Question

A marketing research company desires to know the mean consumption of meat per week among people over age 30. A sample of 2092 people over age 30 was drawn and the mean meat consumption was 3 pounds. Assume that the population standard deviation is known to be 1.4 pounds. Construct the 95% confidence interval for the mean consumption of meat among people over age 30. Round your answers to one decimal place.

Answer 1

95% confidence interval for the mean consumption of meat among people over age 30 is [2.9 pounds , 3.1 pounds].

Explanation:

We are given that a sample of 2092 people over age 30 was drawn and the mean meat consumption was 3 pounds. Assume that the population standard deviation is known to be 1.4 pounds.

Firstly, the pivotal quantity for 95% confidence interval for the population mean is given by;

P.Q. =
`(\bar X-\mu)/((\sigma)/(√(n) ) )` ~ N(0,1)

where,
`\bar X` = sample mean meat consumption = 3 pounds

s = population standard deviation = 1.4 pounds

n = sample of people = 2092

`\mu` = population mean consumption of meat

Here for constructing 95% confidence interval we have used One-sample z test statistics as we know about population standard deviation.
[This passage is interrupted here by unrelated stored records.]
//! Edges that contribute.
ghost use Rattle.std.specs.Prelude.{◌≡◌, ◌<◌, ℕ, length, IfOk};
ghost use Rattle.table_covers.specs.Systems.{from_of};

use crate::equations::Equations;
use std::alloc::Global;
use tm_lattice::{Lattice, NoMemory};

/// Equations whose edges contribute to something that is joined.
pub trait Contributions: Equations {
    /// What edges contribute.
    type Added: Lattice;

    // Nothing contributed.
    ghost nothing_added: { Self → Self.Added };

    // What an edge contributes for the state of the node that it leaves.
    ghost contributed: { Self → ℕ → Self.State → Self.Added };

    /// Nothing contributed.
    fn none(&self, alloc: Global) -> Result<Self::Added, NoMemory>
        ensures { IfOk result (λ added. added ≡ nothing_added self.now) };

    /// What an edge contributes for the state of the node that it leaves.
    fn contribution(
        &self,
        alloc: Global,
        edge: usize,
        state: &Self::State,
    ) -> Result<Self::Added, NoMemory>
        requires edge { edge < length (Self.system_of self.now).links }
        requires fits { Self.fits self.now (from_of (Self.system_of self.now).links edge) state.now }
        ensures { IfOk result (λ added. added ≡ contributed self.now edge state.now) };
}
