//! Systems of equations over a graph, where each edge brings a state from one node to another and states are rounded
//! at some nodes: what a solution is, and the least one; the first edge that a given table does not cover; and what it
//! is that edges contribute. How a solution is found, this crate does not know, nor what a state is or what an edge
//! does: a trait brings both with their laws.
//!
//! A loop that counts up from 0: node 0 holds 0 from the entry, an edge leads from 0 to the head 1, and an edge from
//! 1 to 1 adds one. States are numbers up to 9 with the order of numbers, rounded at 1 to 0 or 9. With 0 at node 0
//! and 9 at node 1 each edge is covered. With 0 at both, what both edges bring to the head is joined to 1 and rounded
//! to 9, which is more than stands there: the edge from 0 is the first that is not covered.
#![tactic(auto)]

mod contributions;
mod covers;
mod equations;
mod laws;
mod links;
mod tables;

pub use contributions::Contributions;
pub use covers::{Uncovered, first_uncovered};
pub use equations::Equations;
pub use laws::least_solutions;
pub use links::Link;
pub use tables::no_states;
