//! Systems of equations over a graph.
ghost use Rattle.std.specs.Prelude.{◌≡◌, ◌<◌, ℕ, length, IfOk};
ghost use Rattle.table_covers.specs.Systems.{System, IsLawfulSystem, from_of};

use crate::links::Link;
use std::alloc::Global;
use tm_lattice::{Lattice, NoMemory};

/// A system of equations: the state of a node is the join of what its edges bring, rounded there. No state is bottom.
pub trait Equations: Sized {
    /// What stands at a node that is reached.
    type State: Lattice + Drop;

    // Holds of every value of the type: the laws speak of these.
    ghost is_system: { Self → Type 0 };

    // The equations.
    ghost system_of: { Self → System Self.State };

    // Which states fit a node.
    ghost fits: { Self → ℕ → Self.State → Type 0 };

    /// The edges.
    fn links(&self) -> &[Link]
        ensures system { is_system self.now }
        ensures links { result.now ≡ (system_of self.now).links };

    /// How many nodes there are. They are numbered from 0.
    fn nodes(&self) -> usize
        ensures { result ≡ (system_of self.now).node_count };

    /// What stands at node 0 besides what its edges bring.
    fn first(&self, alloc: Global) -> Result<Option<Self::State>, NoMemory>
        ensures { IfOk result (λ state. state ≡ (system_of self.now).entry) };

    /// Whether states are rounded at a node.
    fn is_head(&self, node: usize) -> bool
        requires { node < (system_of self.now).node_count }
        ensures { result ≡ (system_of self.now).heads node };

    /// What an edge brings for the state of the node that it leaves. None is bottom.
    fn apply(
        &self,
        alloc: Global,
        edge: usize,
        state: &Self::State,
    ) -> Result<Option<Self::State>, NoMemory>
        requires edge { edge < length (system_of self.now).links }
        requires fits { fits self.now (from_of (system_of self.now).links edge) state.now }
        ensures { IfOk result (λ brought. brought ≡ (system_of self.now).after edge state.now) };

    /// The state rounded as at a node.
    fn rounded(
        &self,
        alloc: Global,
        node: usize,
        state: Self::State,
    ) -> Result<Self::State, NoMemory>
        requires node { node < (system_of self.now).node_count }
        requires fits { fits self.now node state }
        ensures { IfOk result (λ outer. outer ≡ (system_of self.now).outward node state) };

    // What all of this keeps.
    ghost lawful: { (system : Self) → is_system system
        → IsLawfulSystem Self.State.is_value Self.State.leq Self.State.joined (fits system) (system_of system) };
}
So, 95% confidence interval for the population mean,
`\mu` is ;

P(-1.96 < N(0,1) < 1.96) = 0.95 {As the critical value of z at 2.5% level

of significance are -1.96 & 1.96}

P(-1.96 <
`(\bar X-\mu)/((\sigma)/(√(n) ) )` < 1.96) = 0.95

P(
`-1.96 * {(\sigma)/(√(n) ) }` <
`{\bar X-\mu}` <
`-1.96 * {(\sigma)/(√(n) ) }` ) = 0.95

P(
`\bar X-1.96 * {(\sigma)/(√(n) ) }` <
`\mu` <
`\bar X+1.96 * {(\sigma)/(√(n) ) }` ) = 0.95

95% confidence interval for
`\mu` = [
`\bar X-1.96 * {(\sigma)/(√(n) ) }` ,
`\bar X+1.96 * {(\sigma)/(√(n) ) }` ]

= [
`3-1.96 * {(1.4)/(√(2092) ) }` ,
`3+1.96 * {(1.4)/(√(2092) ) }` ]

= [2.9 pounds , 3.1 pounds]

Therefore, 95% confidence interval for the mean consumption of meat among people over age 30 is [2.9 pounds , 3.1 pounds].